As you can see the above code, I have split into three sections by adding comments: Model, View, and Controller.

 

Let’s take a look at the Model first:

countryList Object Literal that contains some data. In this case, we have one property named selectedItem is set to null initially. This property is basically set the currently selected object when the user clicks a list item. This might be new to you but YES we are storing that information into Model, not in a click event that lives inside View. we have another property named a countries array which contains all the country objects. That’s it for Model Object Literal.

Controller:

we have an another Object literal called countryListApp which is responsible for talking back and forth between Model and View(s). It has an init() method in which we are setting selectedItem (M) property to the first index of an array object. Then, we are initializing two views (In this example I used two Views – one for left that shows all the countries and another view that shows a specific country information).  We have also a few helper methods such as getCountryList(), getSelectedObject(), setSelectedObject(). As you can see all of the help methods are either getters or setters. So that we do not have to set or get any information directly from Model to the View.

View:

countryListView Object Literal has init() method and it has two another methods cacheDOM() and render(). As you know, it’s more efficient to cache the DOM elements into variables then reuse them whenever we need ti. One the other hand, the reason for the render() method that we can call it to update the view whenever we change the data (Model). This View is responsible for looping through the country array and creating the left country list view and bind the click event inside the loop and it has callback function doClickListItem() which is responsible for returning the currently clicked item’s object.

 

countryDetailsView Object literal has also init() function which is responsible for creating a county details view on the right.

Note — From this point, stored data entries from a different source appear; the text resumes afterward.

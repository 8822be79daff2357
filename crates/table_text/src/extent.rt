// How long the text of a table is, told without writing it: of a table value that no text gives it may be longer than one that is read.

ghost use Rattle.std.specs.Prelude.{◌≡◌, ◌+◌, ◌*◌, ◌≤◌, ◌<◌, length, flat_map};
ghost use Rattle.cache.specs.declared.sets.TheConstants.CacheSet.{MOST_SETS};
ghost use Rattle.cache.specs.declared.useful.Useful.{Useful};
ghost use Rattle.table.specs.Tables.{tasks_of, accesses_of};
ghost use Rattle.writing.specs.Text.{spelled};
ghost use Rattle.writing.specs.Marks.{useful_text};
ghost use Rattle.table_text.specs.TableText.{head_fields, task_fields, access_fields, line_text, tasks_text, accesses_text, table_text, NamesTasks};

use cache::useful::Form;
use table::Table;
use table::accesses::Access;
use table::tasks::Task;
use writing::writer::digits_in;

// How long a number is, with the tab before it.
fn number_len(n: u64) -> usize
    ensures is { result ≡ 1 + length (spelled n) }
    ensures few { result ≤ 21 }
{
    1 + digits_in(n)
}

// How long a field of useful blocks is, with the tab before it.
fn useful_len(form: Form, sets: u64) -> usize
    requires { sets ≤ MOST_SETS }
    ensures is { (u : Useful) → result ≡ 1 + length (useful_text form sets u) }
    ensures few { result ≤ 257 }
{
    match form {
        Form::Hex => 1 + sets as usize / 4,
        Form::Digits(_) => 1 + sets as usize,
    }
}

fn head_len(sets: u64, brt: u64, form: Form) -> usize
    ensures is { result ≡ length (line_text (head_fields sets brt form)) }
    ensures few { result ≤ 100 }
{
    let named = 2 + number_len(sets) + number_len(brt);
    match form {
        Form::Hex => named,
        Form::Digits(ways) => named + number_len(ways),
    }
}

fn task_len(form: Form, sets: u64, task: &Task) -> usize
    requires { sets ≤ MOST_SETS }
    ensures is { result ≡ length (line_text (task_fields form sets task.now)) }
    ensures few { result ≤ 1000 }
{
    let times = number_len(task.work.0)
        + number_len(task.period.0)
        + number_len(task.deadline.0)
        + number_len(task.jitter.0)
        + number_len(0);
    let blocks = useful_len(form, sets) + 1 + sets as usize / 4;
    3 + task.name.len() + times + blocks
}

#[tactic(auto, unfolding(table::specs::Tables::at))]
fn access_len(table: &Table, access: &Access) -> usize
    requires bounds { (table.now.sets ≤ MOST_SETS) × (table.now.count ≤ Table.MOST_TASKS) }
    requires known { (access.now.task < table.now.count) × (access.now.ceiling < table.now.count) }
    ensures is { result ≡ length (line_text (access_fields table.now.form table.now.sets (tasks_of table.now) access.now)) }
    ensures few { result ≤ 1000 }
{
    let names = table.task(access.task).name.len() + table.task(access.ceiling).name.len();
    4 + names + number_len(access.lasts.0) + useful_len(table.form, table.sets)
}

fn tasks_len(table: &Table) -> usize
    requires { (table.now.sets ≤ MOST_SETS) × (table.now.count ≤ Table.MOST_TASKS) }
    ensures is { result ≡ length (tasks_text table.now) }
    ensures few { result ≤ 32000 }
{
    let mut len = 0;
    for task in table.tasks() {
        len += task_len(table.form, table.sets, task);
    }
    len
}

fn accesses_len(table: &Table) -> usize
    requires bounds { (table.now.sets ≤ MOST_SETS) × (table.now.count ≤ Table.MOST_TASKS) × (table.now.access_count ≤ Table.MOST_ACCESSES) }
    requires known { NamesTasks table.now.count (accesses_of table.now) }
    ensures is { result ≡ length (accesses_text table.now) }
    ensures few { result ≤ 32000 }
{
    let mut len = 0;
    for access in table.accesses() {
        len += access_len(table, access);
    }
    len
}

// How long the text of a table is.
pub fn length(table: &Table) -> usize
    requires bounds { (table.now.sets ≤ MOST_SETS) × (table.now.count ≤ Table.MOST_TASKS) × (table.now.access_count ≤ Table.MOST_ACCESSES) }
    requires known { NamesTasks table.now.count (accesses_of table.now) }
    ensures { result ≡ length (table_text table.now) }
{
    head_len(table.sets, table.brt.0, table.form) + tasks_len(table) + accesses_len(table)
}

As you can it’s pretty straight forward, it has cacheDOM() and render() methods very similar to the above view.

 

Finally, countryListApp.init() method will initialize the application to get everything going. That’s it!

 

As you can see a lot of ECMAScript 6 syntax like let, const. If you want to know about those check out my other blog here.

 

You can find the full code on Github.

 

In conclusion, writing well-organized code is easy to add more features later on and easy to maintain as well. If you’re interested Functional programming you can check it out here.

 

There you have it! I hope you enjoy!  Feel free to check out and enroll in our online Javascript and JQuery course. Contact us for one FREE virtual online class from anywhere.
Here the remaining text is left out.